# Paul: An Introduction to his theology (Barrett)



## RamistThomist (Nov 30, 2014)

by C. K. Barrett, Westminster/John Knox Press

CK. Barrett has given us a helpful and concise summary of many difficult Pauline themes. The book is what it says it is: an introduction. For those involved in the so-called New Perspectives on Paul controversies, whether pro or con, Barrett’s book will cover little that is new. It’s still worth reading, though.

A few caveats: Barrett, while no liberal himself, approaches the text from a critical standpoint. He is doubtful of Pauline authorship on the later epistles (Ephesians, Colossians, 2 Thess., and the Pastorals). He tries to find tensions between the Paul of the Epistles and the Lukan Paul. I disagree with his conclusions, but I would rather he ask them than Bart Ehrman. 

For Barrett Paul’s starting point is “Christ alone” (44). From this he draws several corollaries, most notably justification. Christ + anything is something other than the gospel. 

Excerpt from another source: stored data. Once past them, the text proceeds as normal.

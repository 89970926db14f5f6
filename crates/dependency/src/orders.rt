//! Orders of the occurrences of an expansion proof.

ghost use Rattle.std.specs.Prelude.{◌≡◌, ◌<◌, Some, length, slice_get};

use std::marker::Model;

/// All occurrences, each once, before those that it is directly before and before those below it. Contracts see the list of their
/// numbers, from 1.
#[derive(Drop)]
pub struct Order {
    pub(crate) items: Vec<u64>,
}

impl Model for Order {
    ghost use Rattle.std.specs.Prelude.{List, ℕ};

    ghost Value = { List ℕ };

    ghost view = { λ order. order.items.items };
}

impl Order {
    /// How many occurrences there are.
    pub fn len(&self) -> u64
        ensures { result ≡ length self.now }
    {
        self.items.len() as u64
    }

    /// The occurrence at a place, counted from 0.
    pub fn at(&self, i: u64) -> u64
        requires { i < length self.now }
        ensures { slice_get self.now i ≡ Some result }
    {
        self.items[i as usize]
    }
}
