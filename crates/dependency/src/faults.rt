//! Why occurrences have no order.

use hol_terms::lists::Numbers;
use std::alloc::{AllocError, AllocFailed};

/// Why the occurrences have no order.
#[derive(Drop)]
pub enum OrderFault {
    Memory,
    /// Occurrences, each once, each of which is directly before the next, and the last before the first.
    Cycle(Numbers),
}

impl From<AllocError> for OrderFault {
    ghost use Rattle.std.specs.Prelude.{◌≡◌};
    ghost use Rattle.dependency.specs.declared.faults.OrderFault.TheVariants.{Memory};

    ghost from_gives = { λ _ e. e ≡ Memory };

    fn from(_: AllocError) -> Self {
        OrderFault::Memory
    }
}

impl<T: Drop> From<AllocFailed<T>> for OrderFault {
    ghost use Rattle.std.specs.Prelude.{◌≡◌};
    ghost use Rattle.dependency.specs.declared.faults.OrderFault.TheVariants.{Memory};

    ghost from_gives = { λ _ e. e ≡ Memory };

    fn from(_: AllocFailed<T>) -> Self {
        OrderFault::Memory
    }
}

While denying that Paul is a systematician (56), he gives us a wonderfully Pauline take on anthropology, with good discussions on “mind” and “spirit” (65). He has a nice section on the forensic nature of justification, one which Reformed folk can take to heart (92; this is particularly key since Barrett, himself a Methodist, has no Reformed stake in this discussion). 

Disagreements

Barrett says Paul used the Abraham narrative as mere prooftexts against his opponents (30). I maintain, by contrast, that the Abrahamic narrative is central to Paul’s worldview. Barrett also says Paul downplayed any messianic notions to the Hebrewness of “Christos.” Instead, so Barrett reasons, Paul used “Kurios.” Methinks he sees disagreements where there are none. Paul had no problem with Christos and he saw the seed of David as the Lord of the World. 

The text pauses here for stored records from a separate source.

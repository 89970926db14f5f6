//! The graph of the dependency relation.

ghost use Rattle.std.specs.Prelude.{◌≡◌, ◌+◌, ◌∷◌, ◌++◌, IfOk, OnOk, length};
ghost use Rattle.hol_terms.specs.Places.{place_of};
ghost use Rattle.hol_terms.specs.Terms.{plain_term, plain_type};
ghost use Rattle.expansion_tree.specs.Occurrences.{occurrences_of};
ghost use Rattle.dependency.specs.Graphs.{row_lists};
ghost use Rattle.dependency.specs.Nesting.{AreNested, AreSelections, IsDependencyGraph};
ghost use Rattle.dependency.specs.Uses.{AreRows, owner_at, uses_of, variables_of};

use crate::nesting::{owners, parents};
use expansion_tree::fitted::Fitted;
use hol_terms::names::Name;
use hol_terms::terms::Tm;
use hol_terms::types::Ty;
use hol_terms::variable_sets::VariableSet;
use std::alloc::{AllocError, Global};

/// The selected variables, each at its place.
fn selected_variables(alloc: Global, fitted: &Fitted) -> Result<VariableSet, AllocError>
    requires { AreSelections fitted.now.selection_list }
    ensures { IfOk result (λ variables. variables ≡ variables_of fitted.now.selection_list) }
{
    let mut variables = VariableSet::new(alloc);
    for k in 0..fitted.selected_count() {
        let selected = fitted.selected(k + 1);
        let _ = variables.insert(selected.name, selected.ty)?;
    }
    Ok(variables)
}

/// Puts the owner of the variable after the others, where it is a selected one.
#[inline(never)]
fn put_use(
    row: &mut Vec<u64>,
    variables: &VariableSet,
    owners: &[u64],
    name: &Name,
    ty: &Ty,
) -> Result<(), AllocError>
    requires { length owners.now ≡ length variables.now }
    ensures { OnOk result (row.new.items ≡ row.old.items ++ owner_at owners.now (place_of (name.now, plain_type ty.now) variables.now)) }
{
    match variables.place(name, ty)? {
        Some(place) => {
            row.push(owners[place as usize])?;
            Ok(())
        }
        None => Ok(()),
    }
}

/// Puts the owners of the selected variables that are free in the term after the others.
fn put_uses(
    row: &mut Vec<u64>,
    variables: &VariableSet,
    owners: &[u64],
    term: &Tm,
) -> Result<(), AllocError>
    requires { length owners.now ≡ length variables.now }
    ensures { OnOk result (row.new.items ≡ row.old.items ++ uses_of variables.now owners.now (plain_term term.now)) }
{
    match term {
        Tm::Free(name, ty) => put_use(row, variables, owners, name, ty),
        Tm::Bound(_) => Ok(()),
        Tm::Con(_) => Ok(()),
        Tm::App(function, argument) => {
            put_uses(row, variables, owners, function)?;
            put_uses(row, variables, owners, argument)
        }
        Tm::Lam(_, body) => put_uses(row, variables, owners, body),
    }
}

/// The predecessors of an occurrence with this term: the one above it, and the owners of the selected variables of the term.
fn row(
    alloc: Global,
    parent: u64,
    variables: &VariableSet,
    owners: &[u64],
    term: &Tm,
) -> Result<Vec<u64>, AllocError>
    requires { length owners.now ≡ length variables.now }
    ensures { IfOk result (λ row. row.items ≡ parent ∷ uses_of variables.now owners.now (plain_term term.now)) }
{
    let mut row = Vec::new(alloc);
    row.push(parent)?;
    put_uses(&mut row, variables, owners, term)?;
    Ok(row)
}

/// The predecessors of each occurrence, with 0 for the whole tree.
fn rows(
    alloc: Global,
    fitted: &Fitted,
    parents: &[u64],
    variables: &VariableSet,
    owners: &[u64],
) -> Result<Vec<Vec<u64>>, AllocError>
    requires owners { length owners.now ≡ length variables.now }
    requires parents { length parents.now ≡ length (occurrences_of fitted.now.tree) + 1 }
    ensures many { IfOk result (λ rows. length rows.items ≡ length (occurrences_of fitted.now.tree) + 1) }
    ensures rows { IfOk result (λ rows. AreRows (occurrences_of fitted.now.tree) parents.now variables.now owners.now (row_lists rows.items)) }
{
    let mut rows = Vec::new(alloc);
    rows.push(Vec::new(alloc))?;
    for e in 0..fitted.occurrence_count() {
        let parent = parents[(e + 1) as usize];
        let row = row(
            alloc,
            parent,
            variables,
            owners,
            fitted.occurrence(e + 1).term,
        )?;
        rows.push(row)?;
    }
    Ok(rows)
}

/// The graph of the occurrences, each with those that it waits for; 0 stands for the whole tree.
pub fn graph(alloc: Global, fitted: &Fitted) -> Result<Vec<Vec<u64>>, AllocError>
    requires nested { AreNested (occurrences_of fitted.now.tree) }
    requires selections { AreSelections fitted.now.selection_list }
    ensures { IfOk result (λ rows. IsDependencyGraph (occurrences_of fitted.now.tree) fitted.now.selection_list (row_lists rows.items)) }
{
    let parents = parents(alloc, fitted)?;
    let owners = owners(alloc, fitted, &parents)?;
    let variables = selected_variables(alloc, fitted)?;
    rows(alloc, fitted, &parents, &variables, &owners)
}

Barrett denies Pauline authorship of the Pastorals (158), but then unwittingly gives reasons against his view. If the post-apostolic world was as anti-Pauline as he says (and I have no idea whether that is true or not; I’ll pretend that it is), then why would a later Pauline disciple claim to be Paul, since such a view would actually militate against his position?

Conclusion

It is good at points, but too critical to give a hearty recommendation.


----------